Task prompt
Every line of the following records that includes "words" should be copied.
Start of Records
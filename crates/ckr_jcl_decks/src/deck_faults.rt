//! The faults of a whole deck whose statements have none.
ghost use Rattle.std.specs.Prelude.{◌≡◌, [], ◌+◌, ◌<◌, ◌≤◌, ◌^◌, ◌||◌, ◌&&◌, not, IfSome, List, length, find, slice_get, codes};
ghost use Rattle.std.specs.List.{list_any, list_all, position};
ghost use Rattle.std.specs.Option.{option_map, option_map_or, option_copied, is_some, is_none};
ghost use Rattle.ckr_cards.specs.Tables.{words};
ghost use Rattle.ckr_jcl.specs.ParmGrammar.{read_parm_text};
ghost use Rattle.ckr_jcl_faults.specs.DdFaults.{breaks};
ghost use Rattle.ckr_jcl_decks.specs.DeckFaults.{dd_card, step_where, dd_where, dd_in_steps, syschk_where, dd_or_syschk, is_step_of, step_place, no_step_of, restart_step_fault, names_checkpoint, is_right_syschk, syschk_fault, checkpoint_fault, has_no_program, program_fault, is_wrong_parm, has_wrong_parm, parm_text_fault, is_dd_of, has_dd, has_dds, parm_of, has_checkpoint_dd, has_needed_dds, lacks_needed, lacks_dd, missing_dd, step_beyond, dd_beyond, card_beyond, no_step, lesser, limit_fault};

use ckr_jcl::{
    Kind, Parm, before, is_spelled, length_before, names_checkpointed, names_read, names_updated,
    names_written, no_parm, read_parm,
};
use ckr_jcl_faults::{DdRule, DdText, JobText, StepText, breaks, is_old, is_shared, is_temporary};
use ckr_jcl_operands::{RestartText, StepReference};

/// The card of the first DD that breaks a rule.
fn dd_where(rule: DdRule, dds: &[DdText]) -> Option<u32>
    ensures { result ≡ dd_where (breaks rule) dds.now }
{
    match dds.iter().find(|dd| breaks(rule, dd)) {
        Some(dd) => Some(dd.card),
        None => None,
    }
}

/// The card of the first DD of the steps that breaks a rule.
pub(crate) fn dd_in_steps(rule: DdRule, steps: &[StepText]) -> Option<u32>
    ensures { result ≡ dd_in_steps (breaks rule) steps.now }
{
    for step in steps {
        if let Some(card) = dd_where(rule, step.dds.as_slice()) {
            return Some(card);
        }
    }
    None
}

/// The card of SYSCHK, where it breaks a rule.
fn syschk_where(rule: DdRule, syschk: &Option<DdText>) -> Option<u32>
    ensures { result ≡ syschk_where (breaks rule) syschk.now }
{
    match syschk {
        Some(dd) => {
            if breaks(rule, dd) {
                return Some(dd.card);
            }
            None
        }
        None => None,
    }
}

/// The card of SYSCHK or of the first DD of the steps that breaks a rule.
#[tactic(auto, unfolding(crate::specs::DeckFaults::dd_or_syschk))]
pub(crate) fn dd_or_syschk(rule: DdRule, job: &JobText) -> Option<u32>
    ensures { result ≡ dd_or_syschk (breaks rule) job.now }
{
    match syschk_where(rule, &job.syschk) {
        Some(card) => Some(card),
        None => dd_in_steps(rule, job.steps.as_slice()),
    }
}

/// Whether RESTART names a step.
fn is_step_of(reference: &StepReference, step: &StepText) -> bool
    ensures { result ≡ is_step_of reference.now step.now }
{
    match reference {
        StepReference::FirstStep => true,
        StepReference::NamedStep(name) => is_spelled(name.text(), step.name.text()),
    }
}

/// The place of the step that RESTART names, from 0.
#[tactic(auto, unfolding(crate::specs::DeckFaults::step_place))]
pub(crate) fn step_place(reference: &StepReference, steps: &[StepText]) -> Option<usize>
    ensures value { result ≡ step_place reference.now steps.now }
    ensures bound { IfSome result (λ place. place < length steps.now) }
{
    steps.iter().position(|step| is_step_of(reference, step))
}

/// Whether RESTART names no step of the deck.
fn no_step_of(restart: &Option<RestartText>, steps: &[StepText]) -> bool
    ensures { result ≡ no_step_of restart.now steps.now }
{
    match restart {
        Some(restart) => step_place(&restart.step, steps).is_none(),
        None => false,
    }
}

/// J12: RESTART names no step of the deck.
#[tactic(auto, unfolding(crate::specs::DeckFaults::restart_step_fault))]
pub(crate) fn restart_step_fault(job: &JobText) -> Option<u32>
    ensures { result ≡ restart_step_fault job.now }
{
    if no_step_of(&job.restart, job.steps.as_slice()) {
        return Some(job.card);
    }
    None
}

/// Whether RESTART names a checkpoint.
fn names_checkpoint(restart: &Option<RestartText>) -> bool
    ensures { result ≡ names_checkpoint restart.now }
{
    match restart {
        Some(restart) => restart.id.is_some(),
        None => false,
    }
}

/// Whether SYSCHK names a checkpoint data set that exists.
#[tactic(auto, unfolding(crate::specs::DeckFaults::is_right_syschk))]
fn is_right_syschk(dd: &DdText) -> bool
    ensures { result ≡ is_right_syschk dd.now }
{
    if dd.dsn.is_none() || dd.in_stream || dd.dummy || is_temporary(&dd.dsn) {
        return false;
    }
    is_old(dd.disp.status) || is_shared(dd.disp.status)
}

/// The card of a checkpoint without SYSCHK, or of a SYSCHK without a checkpoint or of the wrong form.
fn syschk_fault(syschk: &Option<DdText>, wanted: bool, card: u32) -> Option<u32>
    ensures { result ≡ syschk_fault syschk.now wanted card }
{
    match syschk {
        Some(dd) => {
            if !wanted || !is_right_syschk(dd) {
                return Some(dd.card);
            }
            None
        }
        None => {
            if wanted {
                return Some(card);
            }
            None
        }
    }
}

/// J13: a checkpoint without SYSCHK, or a SYSCHK without a checkpoint or of the wrong form.
#[tactic(auto, unfolding(crate::specs::DeckFaults::checkpoint_fault))]
pub(crate) fn checkpoint_fault(job: &JobText) -> Option<u32>
    ensures { result ≡ checkpoint_fault job.now }
{
    syschk_fault(&job.syschk, names_checkpoint(&job.restart), job.card)
}

/// J14: EXEC has no PGM, or one that is no program.
#[tactic(auto, unfolding(crate::specs::DeckFaults::program_fault))]
pub(crate) fn program_fault(job: &JobText) -> Option<u32>
    ensures { result ≡ program_fault job.now }
{
    match job
        .steps
        .as_slice()
        .iter()
        .find(|step| step.program.is_none())
    {
        Some(step) => Some(step.card),
        None => None,
    }
}

/// Whether the PARM of a step isn't in the program's grammar.
fn has_wrong_parm(step: &StepText) -> bool
    ensures { result ≡ has_wrong_parm step.now }
{
    match step.program {
        Some(kind) => read_parm(kind, step.parm.as_slice()).is_err(),
        None => false,
    }
}

/// J15: PARM isn't in the program's grammar.
#[tactic(auto, unfolding(crate::specs::DeckFaults::parm_text_fault))]
pub(crate) fn parm_text_fault(job: &JobText) -> Option<u32>
    ensures { result ≡ parm_text_fault job.now }
{
    match job
        .steps
        .as_slice()
        .iter()
        .find(|step| has_wrong_parm(step))
    {
        Some(step) => Some(step.card),
        None => None,
    }
}

/// Whether a step has a DD of a name.
fn has_dd(dds: &[DdText], name: &[u8]) -> bool
    ensures { result ≡ has_dd dds.now name.now }
{
    dds.iter().any(|dd| is_spelled(name, dd.name.text()))
}

/// Whether a step has each DD of a table, whose names are parted by blanks.
fn has_dds(dds: &[DdText], table: &[u8]) -> bool
    ensures { result ≡ has_dds dds.now (words table.now) }
{
    if !has_dd(dds, before(b' ', table)) {
        return false;
    }
    let length = length_before(b' ', table);
    if length == table.len() {
        return true;
    }
    has_dds(dds, &table[length + 1..])
}

/// Whether a step has each DD of a table, if there is one.
#[tactic(auto, using(crate::proofs::NeededDds::none_needed))]
fn has_any_dds(dds: &[DdText], table: Option<&[u8]>) -> bool
    ensures { result ≡ has_dds dds.now (option_map_or words (option_copied table.entry) []) }
{
    match table {
        Some(table) => has_dds(dds, table),
        None => true,
    }
}

/// What PARM says, or nothing where it isn't in the grammar.
#[tactic(auto, unfolding(crate::specs::DeckFaults::parm_of))]
pub(crate) fn parm_of(kind: Kind, text: &[u8]) -> Parm
    requires { length text.now ≤ 100 }
    ensures { result ≡ parm_of kind text.now }
{
    match read_parm(kind, text) {
        Ok(parm) => parm,
        Err(_) => no_parm(),
    }
}

/// Whether a step has the DD for checkpoints, where they are asked for.
#[tactic(auto, unfolding(crate::specs::DeckFaults::has_checkpoint_dd))]
fn has_checkpoint_dd(kind: Kind, parm: &Parm, dds: &[DdText]) -> bool
    ensures { result ≡ has_checkpoint_dd kind parm.now dds.now }
{
    parm.chk == 0 || has_any_dds(dds, names_checkpointed(kind))
}

/// Whether a step has each DD that its program needs.
#[tactic(auto, unfolding(crate::specs::DeckFaults::has_needed_dds))]
fn has_needed_dds(kind: Kind, parm: &Parm, dds: &[DdText]) -> bool
    ensures { result ≡ has_needed_dds kind parm.now dds.now }
{
    has_any_dds(dds, names_read(kind))
        && has_any_dds(dds, names_written(kind))
        && has_any_dds(dds, names_updated(kind))
        && has_checkpoint_dd(kind, parm, dds)
}

/// Whether a DD that its program needs is missing in a step.
fn lacks_dd(step: &StepText) -> bool
    ensures { result ≡ lacks_dd step.now }
{
    match step.program {
        Some(kind) => {
            let parm = parm_of(kind, step.parm.as_slice());
            !has_needed_dds(kind, &parm, step.dds.as_slice())
        }
        None => false,
    }
}

/// J16: a DD that the program needs is missing.
#[tactic(auto, unfolding(crate::specs::DeckFaults::missing_dd))]
pub(crate) fn missing_dd(job: &JobText) -> Option<u32>
    ensures { result ≡ missing_dd job.now }
{
    match job.steps.as_slice().iter().find(|step| lacks_dd(step)) {
        Some(step) => Some(step.card),
        None => None,
    }
}

/// The card of the 65th step.
fn step_beyond(steps: &[StepText]) -> Option<u32>
    ensures { result ≡ step_beyond steps.now }
{
    match steps.get(64) {
        Some(step) => Some(step.card),
        None => None,
    }
}

/// The card of the 17th DD.
fn dd_beyond_in(dds: &[DdText]) -> Option<u32>
    ensures { result ≡ option_map dd_card (slice_get dds.now 16) }
{
    match dds.get(16) {
        Some(dd) => Some(dd.card),
        None => None,
    }
}

/// The card of the first 17th DD of a step.
fn dd_beyond(steps: &[StepText]) -> Option<u32>
    ensures { result ≡ dd_beyond steps.now }
{
    for step in steps {
        if let Some(card) = dd_beyond_in(step.dds.as_slice()) {
            return Some(card);
        }
    }
    None
}

/// The most cards that a deck may have (J23; this project's profile). The card behind them refuses it.
pub const MOST_CARDS: u32 = 100_000;

/// The card behind the most that a deck may have.
const fn card_beyond(cards: u32) -> Option<u32>
    ensures { result ≡ card_beyond cards }
{
    if cards > MOST_CARDS {
        Some(MOST_CARDS + 1)
    } else {
        None
    }
}

/// The last card of a deck without a step.
fn no_step(cards: u32, steps: &[StepText]) -> Option<u32>
    ensures { result ≡ no_step cards steps.now }
{
    if steps.is_empty() {
        return Some(cards);
    }
    None
}

/// The lesser of two cards, where there are two.
const fn lesser(card: Option<u32>, other: Option<u32>) -> Option<u32>
    ensures { result ≡ lesser card other }
{
    match (card, other) {
        (None, later) => later,
        (Some(card), None) => Some(card),
        (Some(card), Some(other)) => {
            if card <= other {
                Some(card)
            } else {
                Some(other)
            }
        }
    }
}

/// J23: the 65th step, the 17th DD of a step, card 100,001, or a deck without a step.
#[tactic(auto, unfolding(crate::specs::DeckFaults::limit_fault))]
pub(crate) fn limit_fault(cards: u32, job: &JobText) -> Option<u32>
    ensures { result ≡ limit_fault cards job.now }
{
    let steps = job.steps.as_slice();
    lesser(
        step_beyond(steps),
        lesser(
            dd_beyond(steps),
            lesser(card_beyond(cards), no_step(cards, steps)),
        ),
    )
}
End of Records
Task output
ghost use Rattle.ckr_cards.specs.Tables.{words};
    ensures { result ≡ has_dds dds.now (words table.now) }
    ensures { result ≡ has_dds dds.now (option_map_or words (option_copied table.entry) []) }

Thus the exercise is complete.